OLYMPIA -- State Senate committee members on Monday considered a bill that would require insurance companies in Washington to cover abortion. The measure brought out everyone from Planned Parenthood to the Roman Catholic Church.
Right now, virtually all insurance plans in Washington state cover abortion. However, with the full implementation next year of the federal health insurance law, sometimes called "Obamacare," some are worried that the new insurance plans that will be coming on line won’t offer than benefit.
“I don’t know every other woman’s story, but I know my story,” Lonnie Johns Brown, who years ago had an abortion, said during a hearing of the state Senate Health Care Committee. “I was 26. Failed marriage. Minimum wage job. I was fortunate; my employer had abortion coverage.”

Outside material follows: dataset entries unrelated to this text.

//! The lines of a reader.

ghost use Rattle.std.specs.Prelude.{◌≡◌, ◌+◌, ◌<◌, ◌≤◌, ℕ, List, [], Some, None, MatchBool, IfErr, IfOk, IfSome, IsOkUnless, OnOk, true, length, position, vec_len, nat_lt, if◌then◌else◌};
ghost use Rattle.std.specs.Io.KnownBytes.{Keeps};
ghost use Rattle.textline.specs.Lines.{is_blank, is_newline, Fetches, Goes, HasBegun};
ghost use Rattle.textline.specs.Stops.{IsFault};

use crate::find::find_byte;
use crate::print::flush;
use crate::stop::Stop;
use std::alloc::Global;
use std::io::{BufRead, ErrorKind, Write};

/// What came of asking for a line.
#[derive(Clone, Copy, PartialEq, Eq, Debug)]
pub enum Fetched {
    Line,
    /// More bytes than a line may have. The rest of them is not read.
    TooLong,
    /// The input has ended.
    End,
}

/// What came of one look at the reader's buffer.
#[derive(Clone, Copy, PartialEq, Eq, Debug)]
enum Look {
    /// The line goes on.
    Part,
    Ended(Fetched),
}

/// The lines of a reader. A line ends in the byte 0a, which the last line may lack.
#[derive(Drop)]
pub struct Lines<R> {
    /// What has the lines that are not fetched yet.
    pub reader: R,
    /// The line that was fetched last, without its ending.
    pub line: Vec<u8>,
    /// The number of that line, from 1. Empty lines and comments count, too.
    pub number: u64,
    /// Whether all bytes that the reader showed were taken: its next look may wait for more.
    drained: bool,
}

impl<R: BufRead> Lines<R> {
    pub fn new(alloc: Global, reader: R) -> Lines<R>
        ensures number { result.number ≡ 0 }
        ensures reader { result.reader ≡ reader }
    {
        Lines {
            reader,
            line: Vec::new(alloc),
            number: 0,
            drained: true,
        }
    }

    /// Fetches the next line, of at most `most` bytes. Before it may wait for more input it flushes `out`, so that whoever
    /// reads the answers has those of all lines so far.
    pub fn fetch<W: Write>(&mut self, most: usize, out: &mut W) -> Result<Fetched, Stop>
        ensures fetched { IfSome (R.remaining self.old.reader) (λ bytes. IfOk result (λ fetched. Fetches most bytes fetched self.new.line.items (R.remaining self.new.reader))) }
        ensures within { OnOk result (vec_len self.new.line ≤ most) }
        ensures number { OnOk result (self.new.number ≡ self.old.number + 1) }
        ensures fault { IfErr result IsFault }
        ensures out { Keeps (W.contents out.old) (W.contents out.new) }
    {
        // Lines past the last that can be counted are input that failed.
        if self.number == u64::MAX {
            return Err(Stop::Input);
        }
        self.line.clear();
        let fetched = fetch_line(
            &mut self.reader,
            most,
            &mut self.line,
            &mut self.drained,
            out,
        )?;
        self.number += 1;
        Ok(fetched)
    }
}

/// Fetches a line into `line`, look by look.
fn fetch_line<R: BufRead, W: Write>(
    reader: &mut R,
    most: usize,
    line: &mut Vec<u8>,
    drained: &mut bool,
    out: &mut W,
) -> Result<Fetched, Stop>
    requires { line.old.items ≡ [] }
    ensures fetched { IfSome (R.remaining reader.old) (λ bytes. IfOk result (λ fetched. Fetches most bytes fetched line.new.items (R.remaining reader.new))) }
    ensures within { vec_len line.new ≤ most }
    ensures fault { IfErr result IsFault }
    ensures out { Keeps (W.contents out.old) (W.contents out.new) }
{
    'looks: for _ in 0..u64::MAX {
        flush_if(*drained, out)?;
        let (look, is_all) = take_part(reader, most, line)?;
        *drained = is_all;
        match look {
            Look::Part => {}
            Look::Ended(fetched) => return Ok(fetched),
        }
    }
    Err(Stop::Input)
}

fn flush_if<W: Write>(is_due: bool, out: &mut W) -> Result<(), Stop>
    ensures kept { Keeps (W.contents out.old) (W.contents out.new) }
    ensures fault { IsOkUnless result Stop.Output }
{
    if is_due { flush(out) } else { Ok(()) }
}

/// Moves to the line what the reader's buffer has of it, and says whether that was all that the buffer had.
fn take_part<R: BufRead>(
    reader: &mut R,
    most: usize,
    line: &mut Vec<u8>,
) -> Result<(Look, bool), Stop>
    requires { vec_len line.old ≤ most }
    ensures within { vec_len line.new ≤ most }
    ensures fault { IfErr result IsFault }
    ensures goes { (bytes : List ℕ) → HasBegun bytes line.old.items (R.remaining reader.old) → IfOk result (λ r. Goes most bytes r.0 line.new.items (R.remaining reader.new)) }
{
    let available = match reader.fill_buf() {
        Ok(available) => available,
        Err(error) => {
            return if error.kind() == ErrorKind::Interrupted {
                Ok((Look::Part, true))
            } else {
                Err(Stop::of_input(&error))
            };
        }
    };
    if available.is_empty() {
        return Ok((Look::Ended(at_end(line.len())), true));
    }
    let (len, is_ended) = len_before_newline(available);
    if len > most - line.len() {
        return Ok((Look::Ended(Fetched::TooLong), false));
    }
    line.extend_from_slice(&available[..len])?;
    let taken = len_with_newline(len, is_ended);
    let is_all = taken == available.len();
    reader.consume(taken);
    let look = if is_ended {
        Look::Ended(Fetched::Line)
    } else {
        Look::Part
    };
    Ok((look, is_all))
}

/// What comes of a line of so many bytes where the input ends: a last line that lacks its ending, or none.
fn at_end(len: usize) -> Fetched
    ensures { result ≡ (if nat_lt 0 len then Fetched.Line else Fetched.End) }
{
    if len > 0 { Fetched::Line } else { Fetched::End }
}

/// How many bytes come before the end of the line, and whether that is there.
fn len_before_newline(bytes: &[u8]) -> (usize, bool)
    ensures within { result.0 ≤ length bytes.now }
    ensures found { MatchBool result.1 ((position is_newline bytes.now ≡ Some result.0) × (result.0 < length bytes.now)) ((position is_newline bytes.now ≡ None) × (result.0 ≡ length bytes.now)) }
{
    match find_byte(bytes, b'\n') {
        Some(at) => (at, true),
        None => (bytes.len(), false),
    }
}

/// How many bytes the line has with its end, where that is there.
fn len_with_newline(len: usize, is_ended: bool) -> usize
    requires { is_ended ≡ true → len < usize.MAX }
    ensures { result ≡ (if is_ended then len + 1 else len) }
{
    if is_ended { len + 1 } else { len }
}

/// Whether the line is empty or a comment.
pub fn is_blank(line: &[u8]) -> bool
    ensures { result ≡ is_blank line.now }
{
    line.is_empty() || line[0] == b'#'
}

State Senate Health Care Committee Chairwoman Randi Becker, R-Eatonville, says the abortion insurance coverage bill will not get out of her committee this year.
Brown supports the bill’s mandate that any insurance company that offers maternity care also offer abortion services as well.
“I only ask that we continue the practice in our state of making sure that woman have the access to the health care services that they need,” Brown told committee members.
But others told lawmakers that mandating abortion coverage would be unfair to those who oppose the procedure.
Colleen Walker testified that the measure “will force those who want to pay for maternity coverage and bring life into the world to also pay coverage for a procedure that brings death to a child.”
Some business owners told lawmakers that they want insurance options that don’t require them to violate their personal morality.
“Why would some members of this committee want to take away my rights as a business owner to run my company according to my conscience?” asked Jim Mischel, who own Electric Mirror in Everett.
Supporters of the the bill, titled the Reproductive Parity Act, want to protect the coverage that is being eliminated in some other states.
“There are dozens of states that are moving to restrict insurance coverage and to restrict rights to reproductive health care services,” said state Sen. Karen Keiser, D-Kent. “This simply enshrines the status quo so that women are not having to jump through hoops. It’s common sense.”
The bill would provide an exemption for churches and faith-based nonprofits that want to offer insurance plans that don’t provide abortion services.
A letter was circulated with the signatures of 25 state senators – a majority – who support the bill and say they would vote for it if it came to the Senate floor. That appears unlikely to happen, however.
Senate Health Care Committee Chairwoman Randi Becker, R-Eatonville, adjourned Monday’s hearing without taking a vote, which means the legislation won’t advance by Wednesday’s legislative cutoff date.
“The bill will not move forward from here this year,” Becker said.